Environmental Influence

March 10, 2012 1 comment

In “Engineering A Safer World“, Nancy Leveson states:

Human behavior is always influenced  by the environment in which it takes place. Changing that environment will be much more effective in changing operator error than the usual behaviorist approach of using reward and punishment. Without changing the environment, human error cannot be reduced for long. We design systems in which operator error is inevitable and then blame the operator and not the system design.

So why is that? Could it be because the system designers and environment caretakers are also the same people who have the power to assign blame – and it’s much easier to blame than to change the environment?

Fault Finder

February 15, 2010 Leave a comment

Byron Katie once said something like “the mind’s job is to find problems“. I don’t have many skills, but fault-finding is one of my most finely honed talents. Because of my engineering training and genetic design, I can find fault with any person, place, thing, or situation. I put myself right up there on Everest with Don Rickles.
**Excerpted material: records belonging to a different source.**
//! Lists whose elements take memory a page at a time, when they are first written.

ghost use Rattle.std.specs.Prelude.{◌≡◌, ◌<◌, ◌≤◌, ◌+◌, ℕ, length, slice_index_or, slice_set, IfOk, OnOk, vec_len, true};
ghost use Rattle.block_pool.specs.Paging.{HasRoom, by_place};

use std::alloc::{AllocError, Global};
use std::marker::Model;
use std::mem;

/// How many elements a page has.
const PAGE: usize = 4_096;

/// What an element is before it is first written.
pub(crate) trait Blank: Drop {
    ghost blank: { ℕ → Self };

    /// The blank element of a place.
    fn blank(place: usize) -> Self
        requires { place < 4294967296 }
        ensures { result ≡ blank place };
}

impl Blank for u32 {
    ghost blank = { λ place. place };

    fn blank(place: usize) -> u32 {
        place as u32
    }
}

/// A list of a fixed length. An element takes memory, with those of its page, before it is first written; until then it is blank.
#[derive(Debug, Drop)]
pub(crate) struct Pages<T: Blank> {
    pages: Vec<Vec<T>>,
    len: usize,
}

impl<T: Blank> Model for Pages<T> {
    ghost use Rattle.std.specs.Prelude.{map, ◌<◌, ◌/◌, ◌≤◌, length};
    ghost use Rattle.block_pool.specs.Paging.{Paged, paged, items_of};

    ghost Value = { Paged T };

    ghost view = { λ p. paged T.blank (map items_of p.pages.items) p.len };

    ghost invariant = { λ p. (p.len / 4096 < length p.pages.items) × (p.len ≤ 4294967296) };
}

impl<T: Blank> Pages<T> {
    /// So many blank elements. It takes memory for a pointer to each page.
    pub fn new(alloc: Global, len: usize) -> Result<Pages<T>, AllocError>
        requires { len ≤ 4294967296 }
        ensures { IfOk result (λ list. list.items ≡ by_place T.blank len) }
    {
        let count = len / PAGE + 1;
        let mut pages = Vec::with_capacity(alloc, count)?;
        for _ in 0..count {
            pages.push(Vec::new(alloc))?;
        }
        Ok(Pages { pages, len })
    }

    /// How many elements there are.
    pub fn len(&self) -> usize
        ensures { result ≡ length self.now.items }
    {
        self.len
    }

    /// Makes the page of a place where it isn't there. It takes memory for the page's elements.
    #[inline]
    pub fn make(&mut self, place: usize) -> Result<(), AllocError>
        requires { place < length self.old.items }
        ensures items { self.new.items ≡ self.old.items }
        ensures room { OnOk result (HasRoom self.new.rooms place) }
        ensures kept { (other : ℕ) → HasRoom self.old.rooms other → HasRoom self.new.rooms other }
    {
        if place % PAGE < self.pages[place / PAGE].len() {
            return Ok(());
        }
        self.make_page(place)
    }

    // Apart, so that the test above is inlined: most pages are there.
    #[cold]
    #[inline(never)]
    fn make_page(&mut self, place: usize) -> Result<(), AllocError>
        requires { place < length self.old.items }
        ensures items { self.new.items ≡ self.old.items }
        ensures room { OnOk result (HasRoom self.new.rooms place) }
        ensures kept { (other : ℕ) → HasRoom self.old.rooms other → HasRoom self.new.rooms other }
    {
        let page = place / PAGE;
        let first = page * PAGE;
        fill(&mut self.pages[page], first, PAGE.min(self.len - first))
    }

    /// The element at a place.
    pub fn get(&self, place: usize) -> T
    where
        T: Copy,
        requires { place < length self.now.items }
        ensures { result ≡ slice_index_or self.now.items place result }
    {
        match self.pages[place / PAGE].get(place % PAGE) {
            Some(item) => *item,
            None => T::blank(place),
        }
    }

    /// Whether there is memory for the element at a place.
    pub fn has(&self, place: usize) -> bool
        requires { place < length self.now.items }
        ensures { result ≡ true → HasRoom self.now.rooms place }
    {
        place % PAGE < self.pages[place / PAGE].len()
    }

    /// Writes the element at a place.
    pub fn set(&mut self, place: usize, item: T)
        requires within { place < length self.old.items }
        requires room { HasRoom self.old.rooms place }
        ensures { self.new ≡ record { items = slice_set self.old.items place item; rooms = self.old.rooms } }
    {
        self.pages[place / PAGE][place % PAGE] = item;
    }

    /// Takes the element at a place, and leaves a blank one.
    pub fn take(&mut self, place: usize) -> T
        requires within { place < length self.old.items }
        requires room { HasRoom self.old.rooms place }
        ensures item { result ≡ slice_index_or self.old.items place result }
        ensures left { self.new ≡ record { items = slice_set self.old.items place (T.blank place); rooms = self.old.rooms } }
    {
        mem::replace(&mut self.pages[place / PAGE][place % PAGE], T::blank(place))
    }
}

/// Fills a page whose first place is given up to so many elements.
fn fill<T: Blank>(page: &mut Vec<T>, first: usize, count: usize) -> Result<(), AllocError>
    requires { first + count ≤ 4294967296 }
    ensures same { (k : ℕ) → slice_index_or page.new.items k (T.blank (first + k)) ≡ slice_index_or page.old.items k (T.blank (first + k)) }
    ensures more { vec_len page.old ≤ vec_len page.new }
    ensures filled { OnOk result (count ≤ vec_len page.new) }
{
    let missing = count.saturating_sub(page.len());
    page.reserve_exact(missing)?;
    for place in page.len()..count {
        page.push(T::blank(first + place))?;
    }
    Ok(())
}
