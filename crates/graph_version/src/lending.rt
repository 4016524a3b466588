//! Edges and block numbers as a version lends them.

ghost use Rattle.std.specs.Prelude.{◌≡◌, map, All};
ghost use Rattle.std.specs.Iterator.{YieldsFirstBy};
ghost use Rattle.graph_version.specs.Lending.{left_in};
ghost use Rattle.edge_block.specs.Slots.{IsStamp, entries_of};
ghost use Rattle.edge_block.specs.Lending.{lent_edge, lent_of, edges_left};
ghost use Rattle.graph_version.specs.Rows.{blocks_of, numbers_of};
ghost use Rattle.graph_version.specs.Sharing.{block_values};

use crate::rows::Rows;
use edge_block::{Block, BlockIter, EdgeRef};
use graph_types::{Filter, VertexId};
use std::sync::Arc;

/// Lets every edge through.
const EVERY: Filter = Filter {
    kind: None,
    lo: 0,
    hi: u64::MAX,
};

/// The edges of a row that are still to be lent: blocks in row order, slots rising.
#[derive(Drop)]
pub struct RowIter<'a> {
    pub(crate) edges: Option<BlockIter<'a>>,
    pub(crate) blocks: &'a [Arc<Block>],
}

impl<'a> RowIter<'a> {
    ghost use Rattle.graph_version.specs.Lending.{row_left, lent_in_blocks};

    /// All edges of some blocks.
    pub(crate) fn over(blocks: &'a [Arc<Block>]) -> RowIter<'a>
        ensures { row_left result ≡ lent_in_blocks (block_values blocks.now) }
    {
        RowIter {
            edges: None,
            blocks,
        }
    }
}

impl<'a> Iterator for RowIter<'a> {
    ghost use Rattle.std.specs.Iterator.{YieldsFirstBy, item_count};
    ghost use Rattle.graph_version.specs.Lending.{row_left};

    type Item = EdgeRef<'a>;

    ghost next_gives = { YieldsFirstBy lent_edge row_left };

    ghost remaining = { item_count row_left };

    fn next(&mut self) -> Option<EdgeRef<'a>> {
        loop {
            if let Some(edge) = next_in(&mut self.edges) {
                return Some(edge);
            }
            let [block, rest @ ..] = self.blocks else {
                return None;
            };
            self.edges = Some(all_edges(block));
            self.blocks = rest;
        }
    }
}

/// All edges of a block, in slot order.
pub(crate) fn all_edges(block: &Block) -> BlockIter<'_>
    ensures lends { edges_left result ≡ map lent_of (entries_of block.now) }
    ensures in_range { All (λ edge. IsStamp edge.stamp) (edges_left result) }
{
    block.select(&EVERY)
}

/// The next edge of a block, if there is a block and it has one left.
pub(crate) fn next_in<'a>(edges: &mut Option<BlockIter<'a>>) -> Option<EdgeRef<'a>>
    ensures { YieldsFirstBy lent_edge left_in edges.old result edges.new }
{
    match edges {
        None => None,
        Some(edges) => edges.next(),
    }
}

/// The block numbers of rows that are still to be given, row by row.
#[derive(Drop)]
pub struct BlockNumbers<'a> {
    pub(crate) rows: &'a Rows,
    /// The first row that is not begun.
    pub(crate) source: usize,
    pub(crate) blocks: &'a [Arc<Block>],
}

impl<'a> BlockNumbers<'a> {
    ghost use Rattle.graph_version.specs.Lending.{numbers_left};

    /// The numbers of all blocks.
    pub(crate) fn over(rows: &'a Rows) -> BlockNumbers<'a>
        ensures { numbers_left result ≡ numbers_of (blocks_of rows.now) }
    {
        BlockNumbers {
            rows,
            source: 0,
            blocks: &[],
        }
    }
}

impl<'a> Iterator for BlockNumbers<'a> {
    ghost use Rattle.std.specs.Iterator.{YieldsFirst, item_count};
    ghost use Rattle.graph_version.specs.Lending.{numbers_left};

    type Item = u32;

    ghost next_gives = { YieldsFirst numbers_left };

    ghost remaining = { item_count numbers_left };

    fn next(&mut self) -> Option<u32> {
        loop {
            if let [block, rest @ ..] = self.blocks {
                self.blocks = rest;
                return Some(block.number());
            }
            if self.source >= self.rows.len() {
                return None;
            }
            self.blocks = self.rows.row_blocks(VertexId(self.source as u32));
            self.source += 1;
        }
    }
}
The trouble with constant fault finding is that one spends a huge portion of one’s precious time criticizing instead of creating. It’s a real tragedy because we were all put on this earth to create. The ability to create is naturally built in to each of us right out of the box.

Creation is an intimate act of communication between the creator and the created.

Obsessive fault finders are afraid of creating and exposing their own creations for fear of being criticized themselves. No one likes to be told that their baby is ugly but, au contraire, many people love to point out flaws in other people’s fugly children.

One way to break the fault finder mind set is to take the plunge. Stop oppressing yourself, do what’s natural, start creating stuff (a blog, a song, a painting, a computer program, a book, a company, a community, a tribe), and hoist it out there for all to see. The more you create and expose of yourself, the more you dismantle the fault finder mindset and the more liberated you become. Try it, especially if you’re an incorrigible fault finder like me.